‘Save Egypt’s Economy’ Conference: Round-up

Daily News Egypt
6 Min Read
Foreign reserves increase $96m in January (AFP Photo)
Tariq Hamad, dean of the Business School at Ain Shams University stated that foreign investment within Egypt had dried up over the last two years, pointing out that the country’s foreign currency reserves had also dropped to $13bn (AFP Photo)
Tariq Hamad, dean of the Business School at Ain Shams University stated that foreign investment within Egypt had dried up over the last two years, pointing out that the country’s foreign currency reserves had also dropped to $13bn
(AFP Photo)

By: Wafaa Abd al-Bari

During the first annual meeting of the “Save Egypt’s Economy” Conference last week, Tariq Hamad, dean of the Business School at Ain Shams University, stated that the best way to close Egypt’s budget deficit would be to limit spending, increase government revenues, combat smuggling, activate real estate taxes and seek both domestic and foreign loans.

This, he said, would prove fruitful in helping to stabilise the country; but, however, would only be successful if all of the country’s political parties and organisations participated in dialogue to help ensure the efficient of the implementation of these measures. Only then, he said, would economic stability be achieved.

Hamad also stated that foreign investment within Egypt had dried up over the last two years, pointing out that the country’s foreign currency reserves had also dropped to $13bn. This, he said, has made it difficult for Egypt to meet its obligations in purchasing essential and necessary goods, which has led to further decreases in tourism. He attributed this to the continuance of widespread protests, clashes, and calls for civil disobedience throughout Egypt, which have put a halt to the country’s economic activity.

Salah Gouda, president of the Economics Studies Centre, also suggested a number of new ways to help close Egypt’s budget deficit, including employing good governance with regards to the country’s natural resources, reassessing the country’s mining laws, incorporating private funds into the public budget, and removing subsidies for factories that consume large amounts of energy, producing products such as cement, steel, fertiliser and uranium.

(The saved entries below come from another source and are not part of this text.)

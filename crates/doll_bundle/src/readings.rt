//! Readings of a clock.

ghost use Rattle.std.specs.Prelude.{◌≡◌, length, IfOk};
ghost use Rattle.doll_base.specs.Streams.{Appended};
ghost use Rattle.doll_bundle.specs.Readings.{ReadsClock};

use doll_base::Clock;
use doll_text::Memory;
use std::alloc::Global;

/// Reads the clock so many times, and gives the readings in order. Where no memory is found it may have been read fewer times.
#[tactic(auto, using(crate::proofs::ClockReadings::appended_more, crate::proofs::ClockReadings::reads_more))]
pub fn read_clock<C: Clock>(alloc: Global, clock: &mut C, count: usize) -> Result<Vec<u64>, Memory>
    ensures taken { IfOk result (λ readings.
        Appended (C.readings clock.old) (C.readings clock.new) readings.items) }
    ensures count { IfOk result (λ readings. length readings.items ≡ count) }
    ensures reads { ReadsClock count (C.readings clock.old) (C.readings clock.new) }
{
    let mut readings = Vec::new(alloc);
    let mut left = count;
    while left > 0 {
        readings.push(clock.now())?;
        left -= 1;
    }
    Ok(readings)
}
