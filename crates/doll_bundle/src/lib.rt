//! The site of a bundle whose files are read: the history that its commits make, and its pages.
//!
//! `read_clock` asks the clock as often as the bundle needs, `Site::of` makes the commits, `Site::page` renders over the records
//! that they leave, and `site_page` does so where the site's parts are held apart.
#![tactic(auto)]

pub mod commits;
mod readings;
mod script;
pub mod site;

pub use commits::untimed;
pub use readings::read_clock;
pub use site::{Site, site_page};
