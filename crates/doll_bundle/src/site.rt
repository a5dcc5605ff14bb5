//! A site: the routes and templates of a bundle, over the records that its commits leave.

ghost use Rattle.std.specs.Prelude.{◌≡◌, IfOk};
ghost use Rattle.doll_text.specs.Gives.{GivesBy};
ghost use Rattle.doll_route.specs.Routes.{AreRoutesOf};
ghost use Rattle.doll_views.specs.Bundles.{WasRead};
ghost use Rattle.doll_views.specs.Seen.{seen_loaded};
ghost use Rattle.doll_bundle.specs.Sites.{IsServed, page_after, page_at, seen_site, site_of};

use crate::commits::records_after;
use crate::script::script_in;
use doll_keep::MemKeeper;
use doll_plain::plain_page;
use doll_records::Records;
use doll_route::{Routes, split_target};
use doll_schema::Schema;
use doll_set::TemplateSet;
use doll_settings::SiteSettings;
use doll_text::{Bytes, Items, Memory, Text};
use doll_views::{Loaded, Refusal};
use std::alloc::Global;

/// A site: its schema, its routes, its templates, the history of its records, its settings and the lines of its script.
#[derive(Drop)]
pub struct Site {
    pub schema: Schema,
    pub routes: Routes,
    pub set: TemplateSet,
    pub records: Records<MemKeeper>,
    pub settings: SiteSettings,
    pub script: Items<Text>,
}

impl Site {
    /// The site of a bundle that was read, whose commits are made one after another, each that says no time at the next of these
    /// readings. The first commit that is refused refuses the bundle, and behind them a script that is no array of texts.
    pub fn of(alloc: Global, loaded: Loaded<'_>, readings: &[u64]) -> Result<Site, Refusal>
        requires { WasRead loaded.schema loaded.routes loaded.settings }
        ensures exact { GivesBy seen_site Refusal.Memory
            (site_of (seen_loaded loaded.entry) readings.now) result }
        ensures served { IfOk result IsServed }
    {
        let records = records_after(alloc, &loaded.schema, readings, loaded.commits)?;
        let script = script_in(alloc, loaded.script)?;
        Ok(Site {
            schema: loaded.schema,
            routes: loaded.routes,
            set: loaded.set,
            records,
            settings: loaded.settings,
            script,
        })
    }

    /// The page of a request's target, with no cache; none where no route has its path or the route's record isn't there.
    pub fn page(&self, alloc: Global, target: &str) -> Result<Option<Bytes>, Memory>
        requires { IsServed self.now }
        ensures { IfOk result (λ page. page ≡ page_at (seen_site self.now) target.now) }
    {
        site_page(
            alloc,
            &self.schema,
            &self.routes,
            &self.set,
            &self.records,
            target,
        )
    }
}

/// The page of a request's target of the site with these parts, which may be held apart from one another.
pub fn site_page(
    alloc: Global,
    schema: &Schema,
    routes: &Routes,
    set: &TemplateSet,
    records: &Records<MemKeeper>,
    target: &str,
) -> Result<Option<Bytes>, Memory>
    requires records { records.now.schema ≡ schema.now }
    requires routes { AreRoutesOf schema.now routes.now }
    ensures { IfOk result (λ page. page
        ≡ page_after schema.now routes.now set.now records.now.history target.now) }
{
    let (path, query) = split_target(target);
    let Some(found) = routes.find(path)? else {
        return Ok(None);
    };
    let params = routes.params(alloc, found.route, query)?;
    let snapshot = records.snapshot(alloc)?;
    plain_page(
        alloc,
        set,
        schema,
        routes,
        &found,
        &params,
        snapshot.table.get(),
    )
}
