impl Kept {
    /// The record of the deck of this name and these cards, of which there are at most 20,000. The
    /// meter counts one statement sized, and one coded, for each up to END; where memory runs out, for
    /// some.
    pub fn new(
        alloc: Global,
        keys: RandomState,
        name: DeckName,
        cards: Vec<Card>,
        meter: &mut Meter,
    ) -> Result<Kept, AllocError>
        requires { length cards.items ≤ 20000 }
        ensures name { IfOk result (λ kept. kept.name ≡ name) }
        ensures cards { IfOk result (λ kept. kept.cards ≡ cards.items) }
        ensures unspent { IfOk result (λ kept. kept.is_spent ≡ false) }
        ensures pieces { IfOk result (λ kept. ArePieces (length (up_to_end (statements_of (reverse cards.items)))) kept.pieces) }
        ensures sized { meter.new.sized ≤ meter.old.sized + length (up_to_end (statements_of (reverse cards.items))) }
        ensures sized_rises { meter.old.sized ≤ meter.new.sized }
        ensures sized_all { OnOk result (RisesBy (length (up_to_end (statements_of (reverse cards.items)))) meter.old.sized meter.new.sized) }
        ensures coded { meter.new.coded ≤ meter.old.coded + length (up_to_end (statements_of (reverse cards.items))) }
        ensures coded_rises { meter.old.coded ≤ meter.new.coded }
        ensures coded_all { OnOk result (RisesBy (length (up_to_end (statements_of (reverse cards.items)))) meter.old.coded meter.new.coded) }
    {
        let sized = SizedDeck::new(alloc, keys, &cards, meter)?;
        match object_of(alloc, keys, name, cards, &sized, meter) {
            Ok(object) => Kept::of(alloc, object, sized),
            Err(error) => {
                sized.free();
                Err(error)
            }
        }
    }

    /// The record of an object and of the sized deck of its cards.
    fn of(alloc: Global, object: SharedObject, sized: SizedDeck) -> Result<Kept, AllocError>
        requires few { length object.cards ≤ 20000 }
        requires deck { IsSizedDeck object.cards sized }
        ensures { IfOk result (IsRecordOf object.name object.cards) }
    {
        match piece_counts(alloc, sized.pieces()) {
            Ok(pieces) => Ok(Kept {
                object,
                sized: Some(sized),
                pieces,
            }),
            Err(error) => {
                object.free();
                sized.free();
                Err(error)
            }
        }
    }

    /// Makes an edit. Where the record is spent, or else where the edit doesn't apply, it says so and
    /// changes nothing; where memory runs out it is spent. The statements in front of the edited card
    /// stay as they were sized, and keep their lines in the object unless a name is bound otherwise; and
    /// so do the others from the first piece on behind which all is sized as before. Where the kind of
    /// the deck changes, those in front are what they were but for their counters, and none of the others
    /// stays. The meter counts at most one statement sized, and one coded, for each up to END of the
    /// edited cards; none of those that stand untouched in front of both decks, and behind the first
    /// place where both decks agree again no more than the 128 of a piece, but for those coded that are
    /// bound otherwise. Where it is made each statement that is settled as none of the deck before counts
    /// one as sized, and each that is bound otherwise one as coded.
    pub fn edit(
        &mut self,
        alloc: Global,
        keys: RandomState,
        edit: &Edit,
        meter: &mut Meter,
    ) -> Result<(), RecordFault>
        ensures ends { EndsAs (against edit.now self.old.is_spent self.old.cards) (edited self.old.cards edit.now) self.old self.new meter.old meter.new result }
        ensures counts { CountsAtOnce (edit.now ∷ []) self.old.cards meter.old meter.new }
        ensures anew { OnOk result (CountsAnew (edit.now ∷ []) self.old.cards meter.old meter.new) }
        ensures due { against edit.now self.old.is_spent self.old.cards ≡ None → CountsWithinDue (edit.now ∷ []) self.old.cards meter.old meter.new }
    {
        self.edit_all(alloc, keys, slice::from_ref(edit), meter)
    }

    /// Makes edits in order, all at once: the cards are edited first, and then their statements are
    /// sized and coded as for one edit, those in front of all edited cards and behind them staying as
    /// for one.
    /// Where the record is spent, or else at the first edit that doesn't apply to what the ones before
    /// it leave, it says so and changes nothing; where memory runs out it is spent. The meter counts at
    /// most one statement sized, and one coded, for each up to END of the cards that all of them leave,
    /// and none where there are no edits; none of those that stand untouched in front of both decks, and
    /// behind the first place where both decks agree again no more than the 128 of a piece, but for those
    /// coded that are bound otherwise. Where they are made each statement that is settled as none of the
    /// deck before counts one as sized, and each that is bound otherwise one as coded.
    pub fn edit_all(
        &mut self,
        alloc: Global,
        keys: RandomState,
        edits: &[Edit],
        meter: &mut Meter,
    ) -> Result<(), RecordFault>
        ensures ends { EndsAs (against_all edits.now self.old.is_spent self.old.cards) (edited_by edits.now self.old.cards) self.old self.new meter.old meter.new result }
        ensures counts { CountsAtOnce edits.now self.old.cards meter.old meter.new }
        ensures anew { OnOk result (CountsAnew edits.now self.old.cards meter.old meter.new) }
        ensures due { against_all edits.now self.old.is_spent self.old.cards ≡ None → CountsWithinDue edits.now self.old.cards meter.old meter.new }
        ensures sums { against_all edits.now self.old.is_spent self.old.cards ≡ None → CountsWithinSums edits.now self.old.cards meter.old meter.new }
    {
        match self.fault_against(edits) {
            Some(fault) => Err(fault),
            None => self.edit_soundly(alloc, keys, edits, meter),
        }
    }

    /// Makes edits in order: those that lie near each other at once, as `edit_all` does, and others behind
    /// them. Where the record is spent, or else at the first edit that doesn't apply to what the ones
    /// before it leave, it says so and changes nothing; where memory runs out it is spent. The meter counts
    /// no more than the sum of what is due for each of them, with the 128 of a piece for each, and at most
    /// one statement sized, and one coded, for each up to END of the cards that each of them leaves. Where
    /// they are made, each statement of what those made at once leave counts one as sized that is settled
    /// as none of the deck before these, and one as coded that is bound otherwise.
    pub fn edit_in_order(
        &mut self,
        alloc: Global,
        keys: RandomState,
        edits: &[Edit],
        meter: &mut Meter,
    ) -> Result<(), RecordFault>
        ensures ends { EndsAs (against_all edits.now self.old.is_spent self.old.cards) (edited_by edits.now self.old.cards) self.old self.new meter.old meter.new result }
        ensures counts { against_all edits.now self.old.is_spent self.old.cards ≡ None → CountsInOrder edits.now self.old.cards meter.old meter.new }
        ensures few { CountsAtMost (statements_sum edits.now self.old.cards) meter.old meter.new }
        ensures anew { OnOk result (CountsAnewInGroups edits.now self.old.cards meter.old meter.new) }
    {
        match self.fault_against(edits) {
            Some(fault) => Err(fault),
            None => self.edit_groups(alloc, keys, edits, meter),
        }
    }

    /// Makes edits in order, each of which applies, of a record that is not spent: first those that lie
    /// near the first one, then those that lie near the next one, and so on.
    fn edit_groups(
        &mut self,
        alloc: Global,
        keys: RandomState,
        edits: &[Edit],
        meter: &mut Meter,
    ) -> Result<(), RecordFault>
        requires { against_all edits.now self.old.is_spent self.old.cards ≡ None }
        ensures fault { IfErr result (λ fault. fault ≡ RecordFault.OutOfMemory) }
        ensures made { IfOk result (λ _. IsRecordOf self.old.name (edited_by edits.now self.old.cards) self.new) }
        ensures lost { IfErr result (λ _. self.new.is_spent ≡ true) }
        ensures counts { CountsInOrder edits.now self.old.cards meter.old meter.new }
        ensures anew { OnOk result (CountsAnewInGroups edits.now self.old.cards meter.old meter.new) }
    {
        self.is_whole();
        let mut left = edits;
        'groups: loop {
            let Some((first, others)) = left.split_first() else {
                return Ok(());
            };
            let near = near_edits(first, others, self.cards().len());
            left = self.edit_first(alloc, keys, left, near + 1, meter)?;
        }
    }

    /// Makes so many of some edits at once, which lie near each other, and gives the others.
    fn edit_first<'a>(
        &mut self,
        alloc: Global,
        keys: RandomState,
        edits: &'a [Edit],
        count: usize,
        meter: &mut Meter,
    ) -> Result<&'a [Edit], RecordFault>
        requires apply { against_all edits.now self.old.is_spent self.old.cards ≡ None }
        requires some { 0 < count }
        requires within { count ≤ length edits.now }
        requires near { cards_between (take count edits.now) (length self.old.cards) ≤ 128 * (count - 1) }
        ensures fault { IfErr result (λ fault. fault ≡ RecordFault.OutOfMemory) }
        ensures made { IfOk result (λ others. IsFirstMade count edits.now others.now self.old self.new meter.old meter.new) }
        ensures lost { IfErr result (λ _. self.new.is_spent ≡ true) }
        ensures counts { CountsInOrder edits.now self.old.cards meter.old meter.new }
    {
        let (first, others) = edits.split_at(count);
        match self.edit_all(alloc, keys, first, meter) {
            Ok(()) => Ok(others),
            Err(_) => Err(RecordFault::OutOfMemory),
        }
    }

    /// Makes edits in order, each of which applies, of a record that is not spent.
    fn edit_soundly(
        &mut self,
        alloc: Global,
        keys: RandomState,
        edits: &[Edit],
        meter: &mut Meter,
    ) -> Result<(), RecordFault>
        requires { against_all edits.now self.old.is_spent self.old.cards ≡ None }
        ensures ends { EndsAs None (edited_by edits.now self.old.cards) self.old self.new meter.old meter.new result }
        ensures counts { CountsAtOnce edits.now self.old.cards meter.old meter.new }
        ensures anew { OnOk result (CountsAnew edits.now self.old.cards meter.old meter.new) }
        ensures due { CountsWithinDue edits.now self.old.cards meter.old meter.new }
    {
        if edits.is_empty() {
            self.is_whole();
            return Ok(());
        }
        let Some(sized) = self.sized.take() else {
            return Err(RecordFault::Spent);
        };
        match self.remade(alloc, keys, sized, edits, meter) {
            Ok(made) => {
                *self = made;
                Ok(())
            }
            Err(_) => Err(RecordFault::OutOfMemory),
        }
    }

    /// A record that is not spent is that of its cards.
    fn is_whole(&self)
        requires { self.now.is_spent ≡ false }
        ensures { IsRecordOf self.now.name self.now.cards self.now }
    {
        let _ = self.pieces.len();
    }

    fn fault_against(&self, edits: &[Edit]) -> Option<RecordFault>
        ensures { result ≡ against_all edits.now self.now.is_spent self.now.cards }
    {
        if self.is_spent() {
            return Some(RecordFault::Spent);
        }
        match first_fault(edits, self.cards().len()) {
            Some(found) => Some(RecordFault::from(found.1)),
            None => None,
        }
    }

    /// The record of the cards that some edits leave; the statements of its own cards are these.
    fn remade(
        &self,
        alloc: Global,
        keys: RandomState,
        sized: SizedDeck,
        edits: &[Edit],
        meter: &mut Meter,
    ) -> Result<Kept, AllocError>
        requires some { (length edits.now == 0) ≡ false }
        requires apply { first_fault edits.now self.now.cards ≡ None }
        requires deck { IsSizedDeck self.now.cards sized }
        ensures made { IfOk result (IsRecordOf self.now.name (edited_by edits.now self.now.cards)) }
        ensures few { CountsAtMost (statement_count (edited_by edits.now self.now.cards)) meter.old meter.new }
        ensures sized_front { RisesBehindFront edits.now self.now.cards meter.old.sized meter.new.sized }
        ensures anew { OnOk result (CountsAnew edits.now self.now.cards meter.old meter.new) }
        ensures due { CountsToDue edits.now self.now.cards meter.old meter.new }
    {
        let own = self.cards();
        let old = OldCards {
            cards: own,
            before: cards_before_all(edits),
            behind: cards_behind_all(edits, own.len()),
        };
        let cards = match edited_copy(alloc, own, edits) {
            Ok(cards) => cards,
            Err(error) => {
                sized.free();
                return Err(error);
            }
        };
        let edited = sized.edited(alloc, keys, old, &cards, meter)?;
        match edited_object(alloc, keys, self.object.object(), cards, &edited, meter) {
            Ok(object) => Kept::of(alloc, object, edited.into_deck()),
            Err(error) => {
                edited.free();
                Err(error)
            }
        }
    }

    pub fn name(&self) -> &DeckName
        ensures { result.now ≡ self.now.name }
    {
        self.object.object().name()
    }

    /// Its cards in order, at most 20,000.
    pub fn cards(&self) -> &[Card]
        ensures cards { result.now ≡ self.now.cards }
        ensures few { length self.now.cards ≤ 20000 }
    {
        self.object.object().cards()
    }

    /// Whether an edit ran out of memory, so that nothing is kept any more.
    pub fn is_spent(&self) -> bool
        ensures { result ≡ self.now.is_spent }
    {
        self.sized.is_none()
    }

    /// The object of its deck, which is at hand: nothing is sized or coded. `Spent` where the record
    /// is spent, and else nothing but want of memory keeps it.
    pub fn finish(&self) -> Result<SharedObject, FinishFault>
        ensures object { IfOk result (λ object. object ≡ record { name = self.now.name; cards = self.now.cards }) }
        ensures spent { (result ≡ Err FinishFault.Spent) ↔ (self.now.is_spent ≡ true) }
    {
        if self.is_spent() {
            return Err(FinishFault::Spent);
        }
        match self.object.share() {
            Ok(object) => Ok(object),
            Err(_) => Err(FinishFault::OutOfMemory),
        }
    }

    /// How many statements each piece has, in order: 1 to 128, and together all up to END, unless the
    /// record is spent.
    pub fn pieces(&self) -> &[u32]
        ensures pieces { result.now ≡ self.now.pieces }
        ensures each { self.now.is_spent ≡ false → All (λ count. (0 < count) × (count ≤ 128)) result.now }
        ensures all { self.now.is_spent ≡ false → sum result.now ≡ statement_count self.now.cards }
        ensures filled { self.now.is_spent ≡ false → ArePieces (statement_count self.now.cards) result.now }
    {
        self.pieces.as_slice()
    }

    /// Frees it. Crates above call this in place of `drop` (CONTRIBUTING).
    pub fn free(self) {
        drop(self);
    }
}
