//! Laws of the model: each is the contract of a function that does nothing.

ghost use Rattle.form.specs.OneOption.{OneOptionPays};
ghost use Rattle.form.specs.Payoff.{BundlesAreLegs, FormsAreOptions};
ghost use Rattle.form.specs.Primitive.{PrimitiveVectorsArePrimitive};
ghost use Rattle.form.specs.Steps.{BundlePayoffsAreExact, PayoffsAreExact};
ghost use Rattle.form.specs.Worked.{StatesByHand};

/// Bundles of the same legs in the same order are equal.
pub fn bundles_are_legs()
    ensures { BundlesAreLegs }
{}

/// Forms of the same option are equal.
pub fn forms_are_options()
    ensures { FormsAreOptions }
{}

/// Where each step of a payoff fits, it is what the option pays.
pub fn payoffs_are_exact()
    ensures { PayoffsAreExact }
{}

/// And likewise for bundles.
pub fn bundle_payoffs_are_exact()
    ensures { BundlePayoffsAreExact }
{}

/// A bundle of one option that counts once pays what the option pays, and does not fit where that
/// does not.
pub fn one_option_pays()
    ensures { OneOptionPays }
{}

/// The primitive vector of a state is a state of the same direction whose entries have no common
/// divisor above 1.
pub fn primitive_vectors_are_primitive()
    ensures { PrimitiveVectorsArePrimitive }
{}

/// Payoffs and primitive vectors that are worked by hand, and some that do not fit 128 bits.
pub fn states_by_hand()
    ensures { StatesByHand }
{}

He added that the value of Egypt’s current fuel subsidies had reached EGP 97bn.

Gouda also suggested that the Export Subsidy Fund (ESF) work to eliminate subsidies for cement exports, and work to take into account the high price of fuel when setting prices for exports of ready-made products. This, he said, would bring in an additional EGP 34bn in steel, fertiliser and cement exports. He added that this should be done in addition to amending natural gas laws, which could also be expected to add an additional EGP 10bn yearly to the country’s revenues. He also spoke of the need to add amendments to the countries real estate tax laws.

Saeed Abd al-Moneim, professor of accounting and taxation at the Ain Shams Business School said that the government had erred when it decided to raise taxes on sales and purchases of plant crops, flour and cement, in addition to calling for increases in customs duties and income taxes.

He added that there existed a need to widen and improve Egypt’s tax base by improving upward prices, re-assessign the structure of Egypt’s tax brackets, and raising tax exemption rates on citizens in a way that took into account current events occurring throughout the country.

Mohamed Abd al-Aziz, also a professor at Ain Shams, called for the government to subsidise and support small-scale development projects, to work harder to encourage and employ the nation’s youth, and to work to convert in-kind subsidies to cash-based subsidies. This would be in addition to decreasing in-kind subsidies for non-essential products, raising wages for low income employees, and raising the value of tax exemptions in a way that matched current rates of inflation. He added that higher rates of investment and increased expansion in project franchises would come naturally after changes were made to the country’s tax code.

Safwat al-Dubari, accounting Professor at the Ain Shams College of Business, suggested that the government put an EGP 10,000 per year cap on wages for this fiscal year, in addition to decreasing wage subsidies. This, he said, would free up EGP 65bn which could then be used to help pay the cost of essential goods for working class citizens without raising taxes or increasing prices. He also suggested limiting payments to private funds, bringing these funds under the jurisdiction of the Ministry of Finance, and working to reopen Egypt’s nearly 4,500 closed factories. This, he said, would help bring both economic and political stability to Egypt.

He also called on President Mohamed Morsi to postpone Egypt’s upcoming parliamentary elections, which are expected to cost EGP 2.5bn, until the end of the current fiscal year when the country is more stable. He also called on the government to postpone expenditures until the country comes out of its current economic crisis.